§ **GOAL OF THE EXERCISE**
Every line of the material below should be retyped exactly.

§ **MATERIAL SHOWN**
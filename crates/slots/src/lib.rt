// A value in two words: its kind, as literals and the output number it, and its payload, as a literal has it.
#![tactic(auto)]

ghost use Rattle.std.specs.Prelude.{◌≡◌, ◌+◌, ◌*◌, ◌/◌, ◌%◌, ◌^◌, ◌≤◌, length};
ghost use Rattle.rules.specs.Building.{literal_of};
ghost use Rattle.slots.specs.Slot.{slot_of, value_of, Put};

use numbers::word::{float_to_word, int_to_word, word_to_float, word_to_int};
use rules::Value;

pub mod literals; // literals of the image

#[derive(Clone, Copy, Debug, PartialEq, Eq)]
pub struct Slot {
    pub kind: u64,
    pub payload: u64,
}

// A place and a length, as the payload of a text literal has them.
fn part(start: u32, length: u16) -> u64
    ensures { result ≡ start * 2 ^ 16 + length }
{
    u64::from(start) * 65536 + u64::from(length)
}

pub fn start_of(payload: u64) -> u32
    ensures { result ≡ payload / 2 ^ 16 % 2 ^ 32 }
{
    (payload / 65536 % 4294967296) as u32
}

pub fn length_of(payload: u64) -> u16
    ensures { result ≡ payload % 2 ^ 16 }
{
    (payload % 65536) as u16
}

fn low(payload: u64) -> u32
    ensures { result ≡ payload % 2 ^ 32 }
{
    (payload % 4294967296) as u32
}

impl From<Value> for Slot {
    ghost from_gives = { λ v slot. (slot ≡ slot_of v) × (value_of (slot_of v).kind (slot_of v).payload ≡ v) };

    fn from(v: Value) -> Slot {
        let (kind, payload) = match v {
            Value::Unit => (0, 0),
            Value::Bool(b) => (1, u64::from(b)),
            Value::Unsigned(x) => (2, x),
            Value::Signed(x) => (3, int_to_word(x)),
            Value::Float(x) => (4, float_to_word(x)),
            Value::Char(c) => (5, u64::from(c)),
            Value::Text(start, length) => (6, part(start, length)),
            Value::Bytes(start, length) => (7, part(start, length)),
            Value::Vec(c) => (8, u64::from(c)),
            Value::Tuple(c) => (9, u64::from(c)),
            Value::Object(c) => (10, u64::from(c)),
        };
        Slot { kind, payload }
    }
}

// The value of a literal's kind and payload. The kind is a number, as the image has it.
#[tactic(auto, unfolding(rules::specs::Building::literal_of))]
pub fn literal_of(kind: u64, payload: u64) -> Value
    ensures { result ≡ literal_of kind payload }
{
    match kind {
        1 => Value::Bool(payload == 1),
        2 => Value::Unsigned(payload),
        3 => Value::Signed(word_to_int(payload)),
        4 => Value::Float(word_to_float(payload)),
        5 => Value::Char(low(payload)),
        6 => Value::Text(start_of(payload), length_of(payload)),
        7 => Value::Bytes(start_of(payload), length_of(payload)),
        _ => Value::Unit,
    }
}

// The value of a kind and a payload: a handle, or a literal's. The kind is a number, as the words of a store have it.
#[tactic(auto, unfolding(crate::specs::Slot::value_of))]
pub fn value_of(kind: u64, payload: u64) -> Value
    ensures { result ≡ value_of kind payload }
{
    match kind {
        8 => Value::Vec(low(payload)),
        9 => Value::Tuple(low(payload)),
        10 => Value::Object(low(payload)),
        _ => literal_of(kind, payload),
    }
}

// A value written to the words at `at` and after it.
pub fn put_slot(words: &mut [u64], at: usize, v: Value)
    requires { at + 2 ≤ length words.old }
    ensures { Put v at words.old words.new }
{
    let slot = Slot::from(v);
    words[at] = slot.payload;
    words[at + 1] = slot.kind;
}
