// Literals of a loaded image.
ghost use Rattle.std.specs.Prelude.{◌≡◌, ◌≤◌, ◌<◌, length};
ghost use Rattle.packed.specs.Layout.{size_of, literal_at};
ghost use Rattle.rules.specs.Building.{literal_value};

use crate::literal_of;
use packed::image::Image;
use packed::layout::Header;
use rules::Value;

#[tactic(auto, unfolding(rules::specs::Building::literal_value))]
pub fn literal_value(image: &Image, l: u16) -> Value
    requires { (l < image.now.header.literals) }
    ensures { result ≡ literal_value image.now.bytes.now image.now.header l }
{
    let literal = image.literal(usize::from(l));
    literal_of(u64::from(literal.kind), literal.payload)
}

// The key that a text literal is.
pub fn key_of(image: &Image, l: u16) -> u64
    requires { (l < image.now.header.literals) }
    ensures { result ≡ (literal_at image.now.bytes.now image.now.header l).payload }
{
    image.literal(usize::from(l)).payload
}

§ **TASK SOLUTION**
filename crates/slots/src/lib.rt
// A value in two words: its kind, as literals and the output number it, and its payload, as a literal has it.
#![tactic(auto)]

ghost use Rattle.std.specs.Prelude.{◌≡◌, ◌+◌, ◌*◌, ◌/◌, ◌%◌, ◌^◌, ◌≤◌, length};
ghost use Rattle.rules.specs.Building.{literal_of};
ghost use Rattle.slots.specs.Slot.{slot_of, value_of, Put};

use numbers::word::{float_to_word, int_to_word, word_to_float, word_to_int};
use rules::Value;

pub mod literals; // literals of the image

#[derive(Clone, Copy, Debug, PartialEq, Eq)]
pub struct Slot {
    pub kind: u64,
    pub payload: u64,
}

// A place and a length, as the payload of a text literal has them.
fn part(start: u32, length: u16) -> u64
    ensures { result ≡ start * 2 ^ 16 + length }
{
    u64::from(start) * 65536 + u64::from(length)
}

pub fn start_of(payload: u64) -> u32
    ensures { result ≡ payload / 2 ^ 16 % 2 ^ 32 }
{
    (payload / 65536 % 4294967296) as u32
}

pub fn length_of(payload: u64) -> u16
    ensures { result ≡ payload % 2 ^ 16 }
{
    (payload % 65536) as u16
}

fn low(payload: u64) -> u32
    ensures { result ≡ payload % 2 ^ 32 }
{
    (payload % 4294967296) as u32
}

impl From<Value> for Slot {
    ghost from_gives = { λ v slot. (slot ≡ slot_of v) × (value_of (slot_of v).kind (slot_of v).payload ≡ v) };

    fn from(v: Value) -> Slot {
        let (kind, payload) = match v {
            Value::Unit => (0, 0),
            Value::Bool(b) => (1, u64::from(b)),
            Value::Unsigned(x) => (2, x),
            Value::Signed(x) => (3, int_to_word(x)),
            Value::Float(x) => (4, float_to_word(x)),
            Value::Char(c) => (5, u64::from(c)),
            Value::Text(start, length) => (6, part(start, length)),
            Value::Bytes(start, length) => (7, part(start, length)),
            Value::Vec(c) => (8, u64::from(c)),
            Value::Tuple(c) => (9, u64::from(c)),
            Value::Object(c) => (10, u64::from(c)),
        };
        Slot { kind, payload }
    }
}

// The value of a literal's kind and payload. The kind is a number, as the image has it.
#[tactic(auto, unfolding(rules::specs::Building::literal_of))]
pub fn literal_of(kind: u64, payload: u64) -> Value
    ensures { result ≡ literal_of kind payload }
{
    match kind {
        1 => Value::Bool(payload == 1),
        2 => Value::Unsigned(payload),
        3 => Value::Signed(word_to_int(payload)),
        4 => Value::Float(word_to_float(payload)),
        5 => Value::Char(low(payload)),
        6 => Value::Text(start_of(payload), length_of(payload)),
        7 => Value::Bytes(start_of(payload), length_of(payload)),
        _ => Value::Unit,
    }
}

// The value of a kind and a payload: a handle, or a literal's. The kind is a number, as the words of a store have it.
#[tactic(auto, unfolding(crate::specs::Slot::value_of))]
pub fn value_of(kind: u64, payload: u64) -> Value
    ensures { result ≡ value_of kind payload }
{
    match kind {
        8 => Value::Vec(low(payload)),
        9 => Value::Tuple(low(payload)),
        10 => Value::Object(low(payload)),
        _ => literal_of(kind, payload),
    }
}

// A value written to the words at `at` and after it.
pub fn put_slot(words: &mut [u64], at: usize, v: Value)
    requires { at + 2 ≤ length words.old }
    ensures { Put v at words.old words.new }
{
    let slot = Slot::from(v);
    words[at] = slot.payload;
    words[at + 1] = slot.kind;
}
// Literals of a loaded image.
ghost use Rattle.std.specs.Prelude.{◌≡◌, ◌≤◌, ◌<◌, length};
ghost use Rattle.packed.specs.Layout.{size_of, literal_at};
ghost use Rattle.rules.specs.Building.{literal_value};

use crate::literal_of;
use packed::image::Image;
use packed::layout::Header;
use rules::Value;

#[tactic(auto, unfolding(rules::specs::Building::literal_value))]
pub fn literal_value(image: &Image, l: u16) -> Value
    requires { (l < image.now.header.literals) }
    ensures { result ≡ literal_value image.now.bytes.now image.now.header l }
{
    let literal = image.literal(usize::from(l));
    literal_of(u64::from(literal.kind), literal.payload)
}

// The key that a text literal is.
pub fn key_of(image: &Image, l: u16) -> u64
    requires { (l < image.now.header.literals) }
    ensures { result ≡ (literal_at image.now.bytes.now image.now.header l).payload }
{
    image.literal(usize::from(l)).payload
}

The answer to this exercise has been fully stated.